I love ya, Old School, that's great!

Keep your eye on other opportunities, Rivitman, but don't do so without talking to your state office of the DOL. I'd be willing to bet you are in for a pleasant surprise.


----------



## foodnfoto (Jan 1, 2001)

Sorry, Rivitman, I have to take exception to this statement too. As stated above, this would be a pretty clear definition of indentured servitude-something that has been illegal in this country for well over 200 years.
DO NOT ACCEPT IT! Did any employment contract you signed state this anywhere? I would confidently venture a strong NO!
Give yourself some credit and stand up for your rights.


----------



## chrose (Nov 20, 2000)

I'm willing to bet that the majority here are on your side. You are in a tough situation no doubt and I wish you the best, I know how it goes. But to answer your last question no you are not wrapped to tight. You are well within your rights to want sanity and a life!


----------



## tcapper (Aug 29, 2006)

No matter wich way you cut it the employer is taking the piss, he may be paying a salary but he quite clearly has very little respect for you as a proffessional.

The source of his income is from the kitchen and the professional chefs therin.

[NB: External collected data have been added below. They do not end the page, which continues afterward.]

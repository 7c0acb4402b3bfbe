// Grants that are issued and given back.
ghost use Rattle.std.specs.Prelude.{◌≡◌, ◌==◌, true, not, filter, IfOk, OnOk};
ghost use Rattle.file_jobs.specs.Sound.{IsSoundFile};
ghost use Rattle.file_jobs.specs.Steps.{file_of};
ghost use Rattle.server_rules.specs.Files.{file_at};
ghost use Rattle.server_rules.specs.Get.{high_after};
ghost use Rattle.server_state.specs.FileRequests.{LeavesFile};
ghost use Rattle.server_state.specs.States.{server_of, IsReady};
ghost use Rattle.server_state.specs.Tables.{files_in};
ghost use Rattle.server_entries.specs.Applying.{applied, can_at, holder_of};
ghost use Rattle.server_entries.specs.Changes.{can_grant, granted, is_grant, kept_file, returned};
ghost use Rattle.server_entries.specs.declared.entry.Entry.TheVariants as entry;
ghost use Rattle.entry_replay.specs.Replaying.{Becomes};

use crate::in_use::{has_number, is_free_grant};
use data_map::MAX_FILE_SIZE;
use file_jobs::FileState;
use grant_table::{first_against, grant_of};
use osd_lists::Memory;
use server_entries::Applied;
use server_rules::{Grant, Grants, Kept, MAX_CLIENT};
use server_state::{Files, State};
use std::alloc::Global;

// ---- a grant is issued

// The grant's stripes lie inside the longest file, and its client is one that there may be.
fn is_grant(grant: &Grant) -> bool
    ensures { result ≡ is_grant grant.now }
{
    grant.first <= grant.end
        && grant.end <= MAX_FILE_SIZE
        && (!grant.extending || grant.rw)
        && grant.client <= MAX_CLIENT
}

// The grant may be issued on the file.
fn can_hold(state: &State, kept: &Kept, grant: &Grant) -> bool
    ensures { result ≡ can_grant (server_of state.now) grant.now kept.now }
{
    is_grant(grant)
        && is_free_grant(state, grant.number)
        && grant_of(kept.grants.as_slice(), grant.client).is_none()
        && first_against(kept.grants.as_slice(), grant).is_none()
}

// The grant may be issued.
fn can_grant(state: &State, grant: &Grant) -> bool
    requires { IsReady state.now }
    ensures { result ≡ can_at (can_grant (server_of state.now) grant.now)
        (file_at (files_in state.now.files.entries) grant.now.file) }
{
    match state.files.get(&grant.file) {
        Some(file) => can_hold(state, &file.kept, grant),
        None => false,
    }
}

// The greatest end of stripes for writing, once the grant is issued.
fn high_after(high: u64, grant: &Grant) -> u64
    ensures { result ≡ high_after high grant.now }
{
    if grant.rw { high.max(grant.end) } else { high }
}

// The file has the grant, and no job.
fn add_grant(file: &mut FileState, grant: Grant) -> Result<(), Memory>
    requires sound { IsSoundFile file.old }
    requires grant { is_grant grant ≡ true }
    ensures granted { OnOk result (file_of file.new ≡ kept_file (granted grant file.old.kept)) }
    ensures leaves { LeavesFile file.old file.new }
{
    file.kept.grants.push(grant)?;
    file.kept.high = high_after(file.kept.high, &grant);
    file.spent = false;
    file.job = None;
    Ok(())
}

pub(crate) fn apply_grant(state: &mut State, grant: &Grant) -> Result<Applied, Memory>
    requires ready { IsReady state.old }
    ensures applied { IfOk result (Becomes state.old state.new (applied (server_of state.old) (entry.Grant grant.now))) }
    ensures ready { IsReady state.new }
{
    if !can_grant(state, grant) {
        return Ok(Applied::Unmade);
    }
    match state.files.get_mut(&grant.file) {
        Some(file) => {
            add_grant(file, *grant)?;
            Ok(Applied::Done)
        }
        None => Ok(Applied::Unmade),
    }
}

// ---- a grant is given back

// The first file on which a grant of that number is live.
#[tactic(auto, unfolding(server_entries::specs::Applying::holder_of))]
fn holder_of(files: &Files, number: u32) -> Option<u32>
    ensures { result ≡ holder_of (files_in files.now.entries) number }
{
    for (_, file) in files.iter() {
        if has_number(file.kept.grants.as_slice(), number) {
            return Some(file.kept.number);
        }
    }
    None
}

// The grants but those of that number.
fn without(alloc: Global, grants: &[Grant], number: u32) -> Result<Grants, Memory>
    ensures { IfOk result (λ left. left ≡ filter (λ g. not (g.number == number)) grants.now) }
{
    let mut left = Grants::new(alloc);
    for grant in grants {
        if grant.number != number {
            left.push(*grant)?;
        }
    }
    Ok(left)
}

// The file hasn't the grant any more, and no job.
fn remove_grant(alloc: Global, file: &mut FileState, number: u32) -> Result<(), Memory>
    requires sound { IsSoundFile file.old }
    ensures returned { OnOk result (file_of file.new ≡ kept_file (returned number file.old.kept)) }
    ensures leaves { LeavesFile file.old file.new }
{
    file.kept.grants = without(alloc, file.kept.grants.as_slice(), number)?;
    file.spent = false;
    file.job = None;
    Ok(())
}

pub(crate) fn apply_return(alloc: Global, state: &mut State, grant: u32) -> Result<Applied, Memory>
    requires ready { IsReady state.old }
    ensures applied { IfOk result (Becomes state.old state.new (applied (server_of state.old) (entry.Return grant))) }
    ensures ready { IsReady state.new }
{
    let number = match holder_of(&state.files, grant) {
        Some(number) => number,
        None => return Ok(Applied::Unmade),
    };
    match state.files.get_mut(&number) {
        Some(file) => {
            remove_grant(alloc, file, grant)?;
            Ok(Applied::Done)
        }
        None => Ok(Applied::Unmade),
    }
}
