// The last answers to clients.
ghost use Rattle.std.specs.Prelude.{◌≡◌, IfOk, IfSome};
ghost use Rattle.layout_ops.specs.Reading.{envelope_of};
ghost use Rattle.server_rules.specs.declared.server.Outgoing.TheVariants.{Answers};
ghost use Rattle.server_rules.specs.Envelopes.{bytes_of};
ghost use Rattle.server_rules.specs.Slots.{admit, admit_after, slot_of};
ghost use Rattle.server_state.specs.States.{server_of, IsReady};
ghost use Rattle.server_entries.specs.Applying.{applied, can_answer, is_new};
ghost use Rattle.server_entries.specs.declared.entry.Entry.TheVariants as entry;
ghost use Rattle.entry_replay.specs.Replaying.{Becomes, read_answer};

use layout_ops::{Answer, Envelope, OpErr, read_envelope};
use osd_lists::{Bytes, Memory};
use server_entries::{Applied, SlotEntry};
use server_rules::{GREATEST_SEQUENCE, MAX_CLIENT};
use server_state::{KeptAnswer, Slots, State, keep, slot_of};
use std::alloc::Global;

// A request of that number is the next behind one of the last number.
#[tactic(auto, unfolding(server_rules::specs::Slots::admit_after))]
fn is_next(last: u32, sequence: u32) -> bool
    ensures { result ≡ is_new (admit_after last sequence) }
{
    last < GREATEST_SEQUENCE && sequence == last + 1
}

// A request of that number is new.
#[tactic(auto, unfolding(server_rules::specs::Slots::admit))]
fn is_new(slots: &Slots, client: u32, sequence: u32) -> bool
    ensures { result ≡ is_new (admit (slot_of slots.now client) sequence) }
{
    match slot_of(slots.as_slice(), client) {
        Some(slot) => {
            let last = slot.last();
            sequence != last && is_next(last, sequence)
        }
        None => is_next(0, sequence),
    }
}

// The answer is that to the client's next request.
fn can_answer(state: &State, slot: &SlotEntry, answer: &Answer) -> bool
    ensures { result ≡ can_answer (server_of state.now) slot.now answer.now }
{
    slot.client <= MAX_CLIENT
        && is_new(&state.slots, slot.client, slot.sequence)
        && answer.client == slot.client
        && answer.sequence == slot.sequence
}

// The answer that the bytes spell, if they spell one.
fn answer_in(alloc: Global, bytes: &[u8]) -> Result<Option<Answer>, Memory>
    ensures read { IfOk result (λ found. found ≡ read_answer (envelope_of bytes.now)) }
    ensures spelled { IfOk result (λ found. IfSome found (λ a. bytes.now ≡ bytes_of (Answers a))) }
{
    match read_envelope(alloc, bytes) {
        Ok(Envelope::Answer(answer)) => Ok(Some(answer)),
        Ok(_) => Ok(None),
        Err(OpErr::Memory) => Err(Memory),
        Err(_) => Ok(None),
    }
}

#[tactic(auto, unfolding(server_entries::specs::Applying::applied))]
pub(crate) fn apply_slot(
    alloc: Global,
    state: &mut State,
    slot: &SlotEntry,
) -> Result<Applied, Memory>
    requires ready { IsReady state.old }
    ensures applied { IfOk result (Becomes state.old state.new (applied (server_of state.old) (entry.Slot slot.now))) }
    ensures ready { IsReady state.new }
{
    let answer = match answer_in(alloc, slot.answer.as_slice())? {
        Some(answer) => answer,
        None => return Ok(Applied::Unmade),
    };
    if !can_answer(state, slot, &answer) {
        return Ok(Applied::Unmade);
    }
    let bytes = Bytes::copied(alloc, slot.answer.as_slice())?;
    let kept = KeptAnswer::new(slot.client, slot.sequence, bytes);
    keep(&mut state.slots, kept)?;
    Ok(Applied::Done)
}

You are not alone, in the UK and so it seems in the states chefs are not treated as a proffessional occupation and as such are treated as blue collar. The rest of europe and austrolasia are quite different. For example on the immigration points system for australia, a chef gains three points higher than a doctor. In new zealand a head chef or sous chef gets immediate citizenship. The French revier chefs as does the rest of europe all except the uk and the states.

Now im not trying to plug a site but chefsworld.net has launched in the uk on the site you are able to rate employers to let other chefs know what the employer is really like. Given time this will eliminate all the muppets who couldnt give a rats about chefs and their businesses will suffer unlike the employers who understand the importance of a chef in the kitchen will benefit. As chefsworld.net grows they plan to open american, african and austolasian sections. So keep an eye out and rate your employer.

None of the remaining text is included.